Call for your Health

As people attain a level of fitness that meets their needs and further improvement is not desired, the program switches from developing fitness to maintaining it. At this point the principles of overload and progression may be set aside, but both are necessary for the improvement phase of fitness. Overload involves subjecting the body to unaccustomed stress. Challenging the body to periodically accept a slightly increased level of work forces it to adapt by attaining a higher level of fitness. When to impose each new challenge involves the principle of progression. The workload is increased only when the exerciser is ready to accept a new challenge. For aerobic exercise, target heart rate and/or perceived exertion may be used to establish criteria for scheduling the progression of exercise. For example, if you jog, swim, or cycle a certain distance, the exercise heart rate will decrease over time as your body adapts to training. When the exercise heart rate drops to a predetermined level, you should adjust the pace and/or distance to return to the original target zone.

The principle of specificity of training suggests that the body adapts according to the specific type of stress placed on it. The muscles involved in any activity are the ones that adapt, and they do so in the specific way in which they are used. For example, jogging prepares you for jogging but is poor preparation for cycling. Cycling does not prepare you for swimming. Although all these activities stress the cardiorespiratory system, they are sufficiently different that there is little fitness carryover among them.

The principle of specificity is particularly important for competitive athletes. Competitors attempt to maximize the returns from their training effort; therefore runners must train by running, swimmers must swim, and cyclists must cycle. The focus is on maximal improvement in one activity so that the body is trained in a specific manner. This locks athletes into regimented training programs, but people who exercise for health reasons are not under such constraints. They can vary activities and prevent the boredom of participating in the same activity week after week. Cycling, jogging, swimming, racquetball, cross country skiing, and weight training may be used in any combination or order for the development of physical fitness. This is the essence of cross training. Not only does cross training relieve boredom, it may reduce the incidence of injury because the same muscles are not being stressed in the same way during every workout.

Cross training has many advantages and is an excellent technique for attaining the health benefits of exercise. Variety, the major attraction of cross training, can also be a disadvantage. By participating in many different activities, you seldom become proficient in anyone. However, if the objective is health enhancement, proficiency is incidental.

Identifying goals provides some direction for the activities selected and the way the principles of exercise are to be manipulated to increase the probability of success. Only one or two major goals should be selected, and these should be as specific as possible so that an effective exercise program may be devised.
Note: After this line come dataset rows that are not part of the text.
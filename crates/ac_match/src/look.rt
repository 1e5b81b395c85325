ghost use Rattle.std.specs.Prelude.{◌≡◌, [], ◌∷◌, length};
ghost use Rattle.ac_match.specs.MatchInternals.Search.{IsLooked, IsScanned};

use ac_base::Items;
use ac_syntax::tree::Order;

/// An order at a site, by the site's number. A number past the end is that of no site.
#[derive(Clone, Copy, Drop)]
pub(crate) struct Choice {
    pub site: usize,
    pub order: Order,
}

/// How a partial order stands to what is assigned.
#[derive(Clone, Copy, Drop)]
pub(crate) enum Look {
    /// No order with what is assigned extends it.
    Contradicted,
    /// Each order with what is assigned extends it.
    Extended,
    /// It needs a site that is not assigned.
    Open(usize),
}

/// Looks at one choice.
#[tactic(auto, using(crate::proofs::Looks::one_steps))]
fn look_at_one(choice: &Choice, assigned: &[Option<Order>]) -> Look
    ensures { IsLooked (choice.now ∷ []) assigned.now result }
{
    if choice.site >= assigned.len() {
        return Look::Contradicted;
    }
    match assigned[choice.site] {
        Some(order) => {
            if order == choice.order {
                Look::Extended
            } else {
                Look::Contradicted
            }
        }
        None => Look::Open(choice.site),
    }
}

/// Looks at a partial order.
#[tactic(auto, using(crate::proofs::Looks::look_steps))]
fn look_at(partial: &[Choice], assigned: &[Option<Order>]) -> Look
    ensures { IsLooked partial.now assigned.now result }
{
    for choice in partial {
        match look_at_one(choice, assigned) {
            Look::Extended => {}
            Look::Contradicted => return Look::Contradicted,
            Look::Open(site) => return Look::Open(site),
        }
    }
    Look::Extended
}

/// Looks at all refuted orders, up to the first that is not contradicted.
#[tactic(auto, using(crate::proofs::Looks::scan_steps))]
pub(crate) fn look_at_all(refuted: &[Items<Choice>], assigned: &[Option<Order>]) -> Look
    ensures { IsScanned refuted.now assigned.now result }
{
    for partial in refuted {
        match look_at(partial.as_slice(), assigned) {
            Look::Contradicted => {}
            Look::Extended => return Look::Extended,
            Look::Open(site) => return Look::Open(site),
        }
    }
    Look::Contradicted
}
Activities, objectives, and principles must match.

When you have identified the objectives and know what you wish to achieve from the exercise program, the means for sustaining the program must be identified next. The resolve to exercise is shakiest during the early stages of the program, usually because people push untrained bodies beyond their limits. This results in sore muscles, stiffness, and possible injury. The drop out rate is highest in the beginning of any exercise program. The irony is that the greatest return for the effort is attained during this phase.